Exercise instructions: Nothing but an exact repetition of the entries should appear in the answer.

Entries supplied:

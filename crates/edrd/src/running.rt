//! The daemon over its objects.
ghost use Rattle.std.specs.Prelude.{◌≡◌, ◌⊎◌, ◌≤◌, ◌+◌, ◌++◌, ℕ, List, false, sum_by, vec_len, All, IsSomeAnd, IsUtf8, None, option_map};
ghost use Rattle.edr_base.specs.Calls.{SinkLent};
ghost use Rattle.edr_base.specs.Limits.{count_limit};
ghost use Rattle.edr_edition.specs.Shelves.{IsLog};
ghost use Rattle.edr_serve.specs.Requests.{request_limit};
ghost use Rattle.edr_console.specs.Limits.{worker_limit};
ghost use Rattle.edr_console.specs.Words as spelled;
ghost use Rattle.edrd.specs.Closing.{MayClose};
ghost use Rattle.edrd.specs.Ends.{Ends, EndsBy, HasCause, GateComesBack, LeavesDoors, LeavesPlaces, AsksFeed, ReadsFeed, served_of, status_of};
ghost use Rattle.edr_console.specs.Saying.{count_line, output_state, Says, SaysAll};
ghost use Rattle.edrd.specs.Serving.{Continues};
ghost use Rattle.edrd.specs.Shelving.{IsFirst, ServeCause, fault_lines};
ghost use Rattle.edr_console.specs.declared.words.Asked.TheVariants.{Serve as ToServe};

use crate::accept::Accept;
use crate::choosing::begin_with;
use crate::doors::{Doors, DoorsAsked};
use crate::endings::{Ending, tell};
use crate::feeding::feed_in;
use crate::gate::Gate;
use crate::serving::{ServeReport, serve_connections};
use edr_base::{Faults, Files, OutOfMemory, Sink, Stop, Text};
use edr_console::{
    Asked, Settings, asked_by, say_behind, say_counts, say_help, say_named, say_number, say_version,
};
use edr_edition::Edition;
use edr_feed::Feed;
use edr_share::{Places, Publisher, SharedShelf, open_shelf};
use std::alloc::Global;
use std::sync::Wait;
use std::thread::Threads;

// Closes the doors, each of which is served to its end.
fn close_all<B: Doors>(doors: &mut B, all: Vec<B::Door>)
    requires room { IsSomeAnd (B.last doors.old) (λ asked. B.closed doors.old + vec_len all ≡ asked.count) }
    requires ended { All (MayClose B.Door.given B.Door.finished B.Door.faults B.Door.over) all.items }
    requires few { (B.served doors.old + sum_by B.Door.given all.items ≤ count_limit)
        × (B.faulted doors.old + sum_by B.Door.faulted all.items ≤ count_limit) }
    ensures closed { B.closed doors.new ≡ B.closed doors.old + vec_len all }
    ensures counts { (B.served doors.new ≡ B.served doors.old + sum_by B.Door.given all.items)
        × (B.faulted doors.new ≡ B.faulted doors.old + sum_by B.Door.faulted all.items) }
    ensures kept { (B.last doors.new ≡ B.last doors.old) × (B.tried doors.new ≡ B.tried doors.old) × (B.opens doors.new ≡ B.opens doors.old)
        × (B.port doors.new ≡ B.port doors.old) × (B.faults doors.new ≡ B.faults doors.old) }
{
    let mut rest = all.into_iter();
    'doors: while let Some(door) = rest.next() {
        doors.close(door);
    }
}

// Ends the publisher, closes the doors, and says how many connections came through them.
fn finish<R: Threads + Wait + Sync, B: Doors, G: Gate + Send + Drop, O: Sink>(
    rt: &R,
    report: ServeReport<B::Door, G>,
    doors: &mut B,
    output: &mut O,
) -> G
    requires room { IsSomeAnd (B.last doors.old) (λ asked. B.closed doors.old + vec_len report.acceptors ≡ asked.count) }
    requires ended { All (MayClose B.Door.given B.Door.finished B.Door.faults B.Door.over) report.acceptors.items }
    requires counts { (B.served doors.old + sum_by B.Door.given report.acceptors.items ≡ report.sessions)
        × (B.faulted doors.old + sum_by B.Door.faulted report.acceptors.items ≡ report.session_faults) }
    ensures gate { result ≡ report.gate }
    ensures closed { B.closed doors.new ≡ B.closed doors.old + vec_len report.acceptors }
    ensures kept { (B.last doors.new ≡ B.last doors.old) × (B.opens doors.new ≡ B.opens doors.old) × (B.port doors.new ≡ B.port doors.old) }
    ensures line { Says (count_line (B.served doors.new) (B.faulted doors.new)) (output_state O.written O.flushed O.faults output.old) (output_state O.written O.flushed O.faults output.new) }
    ensures output { SinkLent (O.beside output.old) (O.beside output.new) (O.faults output.old) (O.faults output.new) }
{
    let ServeReport {
        sessions,
        session_faults,
        accept_faults: _,
        published: _,
        acceptors,
        gate,
        publisher,
    } = report;
    publisher.end(rt);
    close_all(doors, acceptors);
    say_counts(output, sessions, session_faults);
    gate
}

Task response:
filename crates/edrd/src/running.rt
//! The daemon over its objects.
ghost use Rattle.std.specs.Prelude.{◌≡◌, ◌⊎◌, ◌≤◌, ◌+◌, ◌++◌, ℕ, List, false, sum_by, vec_len, All, IsSomeAnd, IsUtf8, None, option_map};
ghost use Rattle.edr_base.specs.Calls.{SinkLent};
ghost use Rattle.edr_base.specs.Limits.{count_limit};
ghost use Rattle.edr_edition.specs.Shelves.{IsLog};
ghost use Rattle.edr_serve.specs.Requests.{request_limit};
ghost use Rattle.edr_console.specs.Limits.{worker_limit};
ghost use Rattle.edr_console.specs.Words as spelled;
ghost use Rattle.edrd.specs.Closing.{MayClose};
ghost use Rattle.edrd.specs.Ends.{Ends, EndsBy, HasCause, GateComesBack, LeavesDoors, LeavesPlaces, AsksFeed, ReadsFeed, served_of, status_of};
ghost use Rattle.edr_console.specs.Saying.{count_line, output_state, Says, SaysAll};
ghost use Rattle.edrd.specs.Serving.{Continues};
ghost use Rattle.edrd.specs.Shelving.{IsFirst, ServeCause, fault_lines};
ghost use Rattle.edr_console.specs.declared.words.Asked.TheVariants.{Serve as ToServe};

use crate::accept::Accept;
use crate::choosing::begin_with;
use crate::doors::{Doors, DoorsAsked};
use crate::endings::{Ending, tell};
use crate::feeding::feed_in;
use crate::gate::Gate;
use crate::serving::{ServeReport, serve_connections};
use edr_base::{Faults, Files, OutOfMemory, Sink, Stop, Text};
use edr_console::{
    Asked, Settings, asked_by, say_behind, say_counts, say_help, say_named, say_number, say_version,
};
use edr_edition::Edition;
use edr_feed::Feed;
use edr_share::{Places, Publisher, SharedShelf, open_shelf};
use std::alloc::Global;
use std::sync::Wait;
use std::thread::Threads;

// Closes the doors, each of which is served to its end.
fn close_all<B: Doors>(doors: &mut B, all: Vec<B::Door>)
    requires room { IsSomeAnd (B.last doors.old) (λ asked. B.closed doors.old + vec_len all ≡ asked.count) }
    requires ended { All (MayClose B.Door.given B.Door.finished B.Door.faults B.Door.over) all.items }
    requires few { (B.served doors.old + sum_by B.Door.given all.items ≤ count_limit)
        × (B.faulted doors.old + sum_by B.Door.faulted all.items ≤ count_limit) }
    ensures closed { B.closed doors.new ≡ B.closed doors.old + vec_len all }
    ensures counts { (B.served doors.new ≡ B.served doors.old + sum_by B.Door.given all.items)
        × (B.faulted doors.new ≡ B.faulted doors.old + sum_by B.Door.faulted all.items) }
    ensures kept { (B.last doors.new ≡ B.last doors.old) × (B.tried doors.new ≡ B.tried doors.old) × (B.opens doors.new ≡ B.opens doors.old)
        × (B.port doors.new ≡ B.port doors.old) × (B.faults doors.new ≡ B.faults doors.old) }
{
    let mut rest = all.into_iter();
    'doors: while let Some(door) = rest.next() {
        doors.close(door);
    }
}

// Ends the publisher, closes the doors, and says how many connections came through them.
fn finish<R: Threads + Wait + Sync, B: Doors, G: Gate + Send + Drop, O: Sink>(
    rt: &R,
    report: ServeReport<B::Door, G>,
    doors: &mut B,
    output: &mut O,
) -> G
    requires room { IsSomeAnd (B.last doors.old) (λ asked. B.closed doors.old + vec_len report.acceptors ≡ asked.count) }
    requires ended { All (MayClose B.Door.given B.Door.finished B.Door.faults B.Door.over) report.acceptors.items }
    requires counts { (B.served doors.old + sum_by B.Door.given report.acceptors.items ≡ report.sessions)
        × (B.faulted doors.old + sum_by B.Door.faulted report.acceptors.items ≡ report.session_faults) }
    ensures gate { result ≡ report.gate }
    ensures closed { B.closed doors.new ≡ B.closed doors.old + vec_len report.acceptors }
    ensures kept { (B.last doors.new ≡ B.last doors.old) × (B.opens doors.new ≡ B.opens doors.old) × (B.port doors.new ≡ B.port doors.old) }
    ensures line { Says (count_line (B.served doors.new) (B.faulted doors.new)) (output_state O.written O.flushed O.faults output.old) (output_state O.written O.flushed O.faults output.new) }
    ensures output { SinkLent (O.beside output.old) (O.beside output.new) (O.faults output.old) (O.faults output.new) }
{
    let ServeReport {
        sessions,
        session_faults,
        accept_faults: _,
        published: _,
        acceptors,
        gate,
        publisher,
    } = report;
    publisher.end(rt);
    close_all(doors, acceptors);
    say_counts(output, sessions, session_faults);
    gate
}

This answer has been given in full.